What the exercise asks:
In the material below, find the line with "rt: &(impl Threads" and the line with "member, &mut runner, news);", then output those two lines and every line between them, exactly.

Information given:
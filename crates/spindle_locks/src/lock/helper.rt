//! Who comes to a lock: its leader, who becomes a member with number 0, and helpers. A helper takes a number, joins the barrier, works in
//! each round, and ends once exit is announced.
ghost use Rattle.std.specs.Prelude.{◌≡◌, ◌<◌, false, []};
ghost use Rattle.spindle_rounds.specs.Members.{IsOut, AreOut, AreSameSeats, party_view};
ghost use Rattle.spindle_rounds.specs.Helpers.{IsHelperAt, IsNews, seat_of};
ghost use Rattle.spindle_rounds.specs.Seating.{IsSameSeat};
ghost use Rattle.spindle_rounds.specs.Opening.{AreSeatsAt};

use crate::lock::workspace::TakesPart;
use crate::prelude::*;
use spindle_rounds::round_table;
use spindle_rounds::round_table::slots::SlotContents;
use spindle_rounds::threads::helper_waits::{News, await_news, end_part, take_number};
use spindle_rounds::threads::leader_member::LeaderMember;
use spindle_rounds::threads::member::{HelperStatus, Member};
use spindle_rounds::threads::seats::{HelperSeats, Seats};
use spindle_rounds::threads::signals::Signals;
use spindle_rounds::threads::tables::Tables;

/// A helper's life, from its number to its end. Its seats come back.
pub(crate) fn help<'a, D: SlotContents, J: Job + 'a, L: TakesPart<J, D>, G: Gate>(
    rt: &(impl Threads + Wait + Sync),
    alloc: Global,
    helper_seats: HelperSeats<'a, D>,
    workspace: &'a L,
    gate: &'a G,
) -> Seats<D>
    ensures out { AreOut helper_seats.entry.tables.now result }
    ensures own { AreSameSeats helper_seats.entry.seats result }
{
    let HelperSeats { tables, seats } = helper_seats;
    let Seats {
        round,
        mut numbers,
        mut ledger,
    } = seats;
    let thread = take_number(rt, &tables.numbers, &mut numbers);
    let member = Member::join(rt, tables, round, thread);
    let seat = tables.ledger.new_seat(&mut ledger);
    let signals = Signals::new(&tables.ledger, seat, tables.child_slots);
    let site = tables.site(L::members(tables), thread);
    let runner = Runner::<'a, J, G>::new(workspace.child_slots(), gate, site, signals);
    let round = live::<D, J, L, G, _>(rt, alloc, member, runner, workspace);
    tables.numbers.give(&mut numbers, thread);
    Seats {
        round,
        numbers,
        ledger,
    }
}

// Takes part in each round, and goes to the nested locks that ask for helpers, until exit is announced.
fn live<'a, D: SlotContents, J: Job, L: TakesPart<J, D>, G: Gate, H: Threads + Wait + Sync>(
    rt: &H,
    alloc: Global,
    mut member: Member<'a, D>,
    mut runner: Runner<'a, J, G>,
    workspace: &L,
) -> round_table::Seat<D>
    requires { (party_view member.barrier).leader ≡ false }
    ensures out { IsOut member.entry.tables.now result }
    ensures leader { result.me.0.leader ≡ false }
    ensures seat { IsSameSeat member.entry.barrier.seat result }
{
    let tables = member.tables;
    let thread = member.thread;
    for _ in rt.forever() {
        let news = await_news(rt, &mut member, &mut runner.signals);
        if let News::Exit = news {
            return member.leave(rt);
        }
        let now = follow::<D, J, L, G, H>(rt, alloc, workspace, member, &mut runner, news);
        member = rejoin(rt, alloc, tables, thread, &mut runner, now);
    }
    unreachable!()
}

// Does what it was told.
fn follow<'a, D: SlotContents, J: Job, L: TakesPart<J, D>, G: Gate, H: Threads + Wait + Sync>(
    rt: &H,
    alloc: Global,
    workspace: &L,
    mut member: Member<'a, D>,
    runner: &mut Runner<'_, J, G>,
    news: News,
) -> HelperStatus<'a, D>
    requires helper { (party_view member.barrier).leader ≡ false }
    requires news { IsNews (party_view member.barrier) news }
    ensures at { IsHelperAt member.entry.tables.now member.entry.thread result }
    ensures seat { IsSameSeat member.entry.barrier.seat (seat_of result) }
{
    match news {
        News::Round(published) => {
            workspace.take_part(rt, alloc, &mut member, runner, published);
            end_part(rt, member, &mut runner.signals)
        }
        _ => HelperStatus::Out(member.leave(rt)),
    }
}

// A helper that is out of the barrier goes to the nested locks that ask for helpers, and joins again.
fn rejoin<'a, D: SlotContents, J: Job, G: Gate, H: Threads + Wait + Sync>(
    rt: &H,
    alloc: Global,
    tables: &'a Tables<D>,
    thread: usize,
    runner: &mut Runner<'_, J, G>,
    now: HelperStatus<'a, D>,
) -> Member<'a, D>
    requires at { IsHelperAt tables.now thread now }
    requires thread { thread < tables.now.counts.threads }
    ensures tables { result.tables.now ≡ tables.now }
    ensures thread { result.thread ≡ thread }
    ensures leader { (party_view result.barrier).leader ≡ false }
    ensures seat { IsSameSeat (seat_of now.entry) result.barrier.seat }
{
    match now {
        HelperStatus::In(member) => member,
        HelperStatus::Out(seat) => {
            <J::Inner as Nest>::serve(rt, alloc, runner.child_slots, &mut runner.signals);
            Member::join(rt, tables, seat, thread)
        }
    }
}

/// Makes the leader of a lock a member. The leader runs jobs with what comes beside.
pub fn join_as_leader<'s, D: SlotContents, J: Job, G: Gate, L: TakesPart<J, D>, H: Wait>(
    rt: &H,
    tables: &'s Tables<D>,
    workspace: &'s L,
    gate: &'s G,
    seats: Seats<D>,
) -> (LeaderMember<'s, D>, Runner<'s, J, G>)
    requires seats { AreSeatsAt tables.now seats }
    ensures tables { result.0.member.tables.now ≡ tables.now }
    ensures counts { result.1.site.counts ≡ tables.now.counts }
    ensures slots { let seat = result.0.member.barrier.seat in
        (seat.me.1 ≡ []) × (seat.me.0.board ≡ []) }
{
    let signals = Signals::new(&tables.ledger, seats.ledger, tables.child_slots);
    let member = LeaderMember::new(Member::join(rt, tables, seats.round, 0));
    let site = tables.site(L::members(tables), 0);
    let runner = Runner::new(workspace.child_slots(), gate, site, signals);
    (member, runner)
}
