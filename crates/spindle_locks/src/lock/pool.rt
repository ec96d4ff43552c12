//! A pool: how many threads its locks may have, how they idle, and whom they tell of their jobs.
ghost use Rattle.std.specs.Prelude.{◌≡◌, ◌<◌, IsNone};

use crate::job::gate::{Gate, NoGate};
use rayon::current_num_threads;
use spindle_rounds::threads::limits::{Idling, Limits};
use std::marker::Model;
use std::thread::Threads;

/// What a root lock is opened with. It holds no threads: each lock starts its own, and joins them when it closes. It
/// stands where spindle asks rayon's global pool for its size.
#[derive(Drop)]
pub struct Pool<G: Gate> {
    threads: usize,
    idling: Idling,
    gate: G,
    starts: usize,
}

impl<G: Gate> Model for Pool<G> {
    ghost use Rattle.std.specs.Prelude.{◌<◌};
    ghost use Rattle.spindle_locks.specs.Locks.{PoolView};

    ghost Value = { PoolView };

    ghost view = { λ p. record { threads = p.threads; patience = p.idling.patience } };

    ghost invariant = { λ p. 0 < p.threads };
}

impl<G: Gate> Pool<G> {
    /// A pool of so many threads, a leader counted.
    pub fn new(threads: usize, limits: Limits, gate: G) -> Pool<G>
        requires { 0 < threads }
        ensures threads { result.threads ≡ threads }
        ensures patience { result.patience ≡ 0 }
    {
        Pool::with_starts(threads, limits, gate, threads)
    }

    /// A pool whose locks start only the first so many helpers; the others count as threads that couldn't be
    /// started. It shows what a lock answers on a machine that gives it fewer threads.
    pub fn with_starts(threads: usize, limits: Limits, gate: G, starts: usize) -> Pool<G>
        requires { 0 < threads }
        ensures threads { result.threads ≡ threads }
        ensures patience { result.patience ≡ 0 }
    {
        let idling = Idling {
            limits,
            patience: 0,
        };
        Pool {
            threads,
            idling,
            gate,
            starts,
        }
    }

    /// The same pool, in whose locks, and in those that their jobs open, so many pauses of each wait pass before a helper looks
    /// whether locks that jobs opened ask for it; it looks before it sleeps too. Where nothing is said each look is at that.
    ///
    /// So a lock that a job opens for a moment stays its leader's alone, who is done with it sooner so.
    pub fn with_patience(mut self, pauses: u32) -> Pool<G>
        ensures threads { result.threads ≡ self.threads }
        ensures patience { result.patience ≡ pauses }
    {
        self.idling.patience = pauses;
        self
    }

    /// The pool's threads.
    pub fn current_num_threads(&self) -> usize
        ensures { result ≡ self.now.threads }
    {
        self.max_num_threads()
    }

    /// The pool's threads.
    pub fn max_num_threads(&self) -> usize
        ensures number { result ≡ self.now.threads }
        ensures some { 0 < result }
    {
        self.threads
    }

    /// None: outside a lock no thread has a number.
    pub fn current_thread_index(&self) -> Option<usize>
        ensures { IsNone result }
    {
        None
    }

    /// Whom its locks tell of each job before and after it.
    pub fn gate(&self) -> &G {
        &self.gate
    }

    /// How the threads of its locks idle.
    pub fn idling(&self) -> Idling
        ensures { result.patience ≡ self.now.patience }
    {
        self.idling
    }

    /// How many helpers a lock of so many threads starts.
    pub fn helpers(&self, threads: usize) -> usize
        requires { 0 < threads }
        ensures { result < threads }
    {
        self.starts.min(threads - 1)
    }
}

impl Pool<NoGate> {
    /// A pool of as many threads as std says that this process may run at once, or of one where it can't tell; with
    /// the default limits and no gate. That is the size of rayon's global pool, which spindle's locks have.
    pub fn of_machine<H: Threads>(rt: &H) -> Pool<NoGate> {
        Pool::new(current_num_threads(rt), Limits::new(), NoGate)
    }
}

Written response:
    rt: &(impl Threads + Wait + Sync),
    alloc: Global,
    helper_seats: HelperSeats<'a, D>,
    workspace: &'a L,
    gate: &'a G,
) -> Seats<D>
    ensures out { AreOut helper_seats.entry.tables.now result }
    ensures own { AreSameSeats helper_seats.entry.seats result }
{
    let HelperSeats { tables, seats } = helper_seats;
    let Seats {
        round,
        mut numbers,
        mut ledger,
    } = seats;
    let thread = take_number(rt, &tables.numbers, &mut numbers);
    let member = Member::join(rt, tables, round, thread);
    let seat = tables.ledger.new_seat(&mut ledger);
    let signals = Signals::new(&tables.ledger, seat, tables.child_slots);
    let site = tables.site(L::members(tables), thread);
    let runner = Runner::<'a, J, G>::new(workspace.child_slots(), gate, site, signals);
    let round = live::<D, J, L, G, _>(rt, alloc, member, runner, workspace);
    tables.numbers.give(&mut numbers, thread);
    Seats {
        round,
        numbers,
        ledger,
    }
}

// Takes part in each round, and goes to the nested locks that ask for helpers, until exit is announced.
fn live<'a, D: SlotContents, J: Job, L: TakesPart<J, D>, G: Gate, H: Threads + Wait + Sync>(
    rt: &H,
    alloc: Global,
    mut member: Member<'a, D>,
    mut runner: Runner<'a, J, G>,
    workspace: &L,
) -> round_table::Seat<D>
    requires { (party_view member.barrier).leader ≡ false }
    ensures out { IsOut member.entry.tables.now result }
    ensures leader { result.me.0.leader ≡ false }
    ensures seat { IsSameSeat member.entry.barrier.seat result }
{
    let tables = member.tables;
    let thread = member.thread;
    for _ in rt.forever() {
        let news = await_news(rt, &mut member, &mut runner.signals);
        if let News::Exit = news {
            return member.leave(rt);
        }
        let now = follow::<D, J, L, G, H>(rt, alloc, workspace, member, &mut runner, news);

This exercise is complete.